ASSIGNMENT: Filter the records below and copy every line containing the word "take".

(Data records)
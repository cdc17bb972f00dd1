// The entries of a dictionary by their terms. For each kind the byte indexes of 16,384 entries at most are kept, one for every so many, and the
// entry of a term is found by a walk from the last kept one of its kind that is not behind it.
#![tactic(auto)]

ghost use Rattle.std.specs.Prelude.{◌≡◌, true, ◌+◌, ◌≤◌, ◌<◌, length};
ghost use Rattle.spec_ntriples.specs.Dictionary.{entries, is_dictionary};
ghost use Rattle.spec_ntriples.specs.Sights.{text_in};
ghost use Rattle.dictionary_bytes.specs.inside.Entries.{length_at, text_at, FilledBy};
ghost use Rattle.dictionary_ranks.specs.inside.Ranks.{HasNumber};
ghost use Rattle.dictionary_places.specs.inside.Places.{with_place, ArePlaces};

use dictionary_bytes::{Filled, HEADER, length_at, term_at};
use dictionary_numbers::NUMBERS;
use dictionary_ranks::{rank_of, slot_for, stride_of};

// Keeps the byte index of the entry of a term, where a place is kept for it.
fn keep_place(f: Filled, places: &mut [usize], term: u32, at: usize)
    requires has_number { HasNumber f term }
    requires places_len { length places.old ≡ 49152 }
    ensures { places.new ≡ with_place f places.old term at }
{
    if rank_of(term) % stride_of(f, term / NUMBERS) == 0 {
        let s = slot_for(f, term);
        places[s] = at;
    }
}

// Keeps the places of a dictionary's entries: walks them once.
pub fn index_places(dictionary: &[u8], f: Filled, places: &mut [usize])
    requires dictionary_value { is_dictionary dictionary.now ≡ true }
    requires filled_by { FilledBy dictionary.now f (entries dictionary.now) }
    requires places_len { length places.old ≡ 49152 }
    ensures { ArePlaces dictionary.now f places.new }
{
    let mut at = 0;
    while at < f.end {
        let next = at + HEADER + length_at(dictionary, at);
        keep_place(f, places, term_at(dictionary, at), at);
        at = next;
    }
}

// The byte index of the entry of a term that has one: a walk from the place in the slot for the term, until an entry has it.
pub fn place_of(dictionary: &[u8], f: Filled, places: &[usize], term: u32) -> usize
    requires are_places { ArePlaces dictionary.now f places.now }
    requires nonzero { 0 < length (text_in (entries dictionary.now) term) }
    ensures { (result + 12 + length_at dictionary.now result ≤ length dictionary.now) × (text_at dictionary.now result ≡ text_in (entries dictionary.now) term) }
{
    let s = slot_for(f, term);
    let mut at = places[s];
    while term_at(dictionary, at) != term {
        at = at + HEADER + length_at(dictionary, at);
    }
    at
}
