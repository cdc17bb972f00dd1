// The index of a segment of a dictionary's entries: words that lead from a text to its entry, by open addressing without wrapping around.
#![tactic(auto)]

ghost use Rattle.std.specs.Prelude.{◌≡◌, ℕ, ◌+◌, ◌≤◌, length, take, drop};
ghost use Rattle.spec_ntriples.specs.Texts.{Text, is_same_text};
ghost use Rattle.ntriples_bytes.specs.inside.Places.{HasText};
ghost use Rattle.ntriples_text.specs.inside.Tokens.{IsToken};
ghost use Rattle.dictionary_bytes.specs.inside.Entries.{length_at, text_at, place_at};
ghost use Rattle.dictionary_index.specs.inside.Index.{LeadWithin, Searched, Index, IndexTo, EnteredAt, AreZero, AreEntries, IsSegment};

use dictionary_bytes::{HEADER, has_text, length_at};
use dictionary_hash::{hash_from, slot_of};
use ntriples_text_same::is_text;

// Where a search ends: at the entry that has the text, at an empty slot, or past the last slot.
#[derive(Clone, Copy)]
pub enum Search {
    Found(usize),
    Free(usize),
    Past,
}

// What entering an entry does: its text is new; an entry at a byte index has it already; or no slot is left for it.
#[derive(Clone, Copy)]
pub enum Entered {
    New,
    Known(usize),
    Full,
}

// A segment of a dictionary's entries: how many there are, the index behind the last, and whether the entry there repeats a text.
#[derive(Clone, Copy)]
pub struct Segment {
    pub count: usize,
    pub end: usize,
    pub repeats: bool,
}

// The slots of an index, and the most entries that it leads to.
pub const SLOTS: usize = 65536;

pub const MOST_ENTRIES: usize = 49152;

// How far from its segment's first byte an entry may begin: one more fits the word of a slot.
pub const FARTHEST: usize = 4294967294;

// Searches for the n bytes from an index on as the text of an entry, from a slot on, in the index of a segment that begins at first.
pub fn find_text(
    slots: &[u32],
    dictionary: &[u8],
    first: usize,
    bytes: &[u8],
    from: usize,
    n: usize,
    home: usize,
) -> Search
    requires lead_within { LeadWithin slots.now dictionary.now first }
    requires n_in_bounds { from + n ≤ length bytes.now }
    ensures { Searched slots.now dictionary.now first (take n (drop from bytes.now)) home result }
{
    for s in home..slots.len() {
        let w = slots[s] as usize;
        if w == 0 {
            return Search::Free(s);
        }
        let at = first + (w - 1);
        if has_text(dictionary, at, bytes, from, n) {
            return Search::Found(at);
        }
    }
    Search::Past
}

// Enters the entry at a byte index into the index of the entries of a segment before it.
pub fn enter(slots: &mut [u32], dictionary: &[u8], first: usize, at: usize) -> Entered
    requires { IndexTo slots.old dictionary.now first at }
    ensures same_length { length slots.new ≡ length slots.old }
    ensures entered { (k : ℕ) → Index slots.old dictionary.now first k → at ≡ place_at dictionary.now first k → EnteredAt slots.old slots.new dictionary.now first k at result }
{
    let n = length_at(dictionary, at);
    let from = at + HEADER;
    let home = slot_of(hash_from(0, dictionary, from, n));
    match find_text(slots, dictionary, first, dictionary, from, n, home) {
        Search::Found(other) => Entered::Known(other),
        Search::Past => Entered::Full,
        Search::Free(s) => {
            slots[s] = (at - first + 1) as u32;
            Entered::New
        }
    }
}

// Whether the entry at an index has the text of a term in a line.
fn has_token(dictionary: &[u8], at: usize, line: &[u8], from: usize, end: usize) -> bool
    requires at_in_bounds { at + 12 + length_at dictionary.now at ≤ length dictionary.now }
    requires token { IsToken line.now from end }
    ensures { (t : Text) → HasText line.now from end t → result ≡ is_same_text t.bytes (text_at dictionary.now at) }
{
    let n = length_at(dictionary, at);
    is_text(line, from, end, dictionary, at + HEADER, n)
}

// Searches for the text of a term in a line, from a slot on, in the index of a segment that begins at first. It stands beside find_text: what is
// compared differs, and one function of a closure would promise what two clauses say plainly here.
pub fn find_token(
    slots: &[u32],
    dictionary: &[u8],
    first: usize,
    line: &[u8],
    from: usize,
    end: usize,
    home: usize,
) -> Search
    requires lead_within { LeadWithin slots.now dictionary.now first }
    requires token { IsToken line.now from end }
    ensures { (t : Text) → HasText line.now from end t → Searched slots.now dictionary.now first t.bytes home result }
{
    for s in home..slots.len() {
        let w = slots[s] as usize;
        if w == 0 {
            return Search::Free(s);
        }
        let at = first + (w - 1);
        if has_token(dictionary, at, line, from, end) {
            return Search::Found(at);
        }
    }
    Search::Past
}

// Makes the index of a segment of the entries between two indexes: as many of them as it can lead to, up to one that repeats a text.
pub fn index_segment(slots: &mut [u32], dictionary: &[u8], first: usize, last: usize) -> Segment
    requires are_zero { AreZero slots.old }
    requires in_bounds { 65536 ≤ length slots.old }
    requires are_entries { AreEntries dictionary.now first last }
    ensures { IsSegment slots.new dictionary.now first last result }
{
    let mut at = first;
    let mut count = 0;
    while at < last {
        if (count == MOST_ENTRIES) | (FARTHEST < at - first) {
            break;
        }
        match enter(slots, dictionary, first, at) {
            Entered::New => {
                at = at + HEADER + length_at(dictionary, at);
                count += 1;
            }
            Entered::Known(_) => {
                return Segment {
                    count,
                    end: at,
                    repeats: true,
                };
            }
            Entered::Full => {
                break;
            }
        }
    }
    Segment {
        count,
        end: at,
        repeats: false,
    }
}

ANSWER BELOW:
ghost use Rattle.std.specs.Prelude.{◌≡◌, ℕ, ◌+◌, ◌≤◌, length, take, drop};
    ensures { Searched slots.now dictionary.now first (take n (drop from bytes.now)) home result }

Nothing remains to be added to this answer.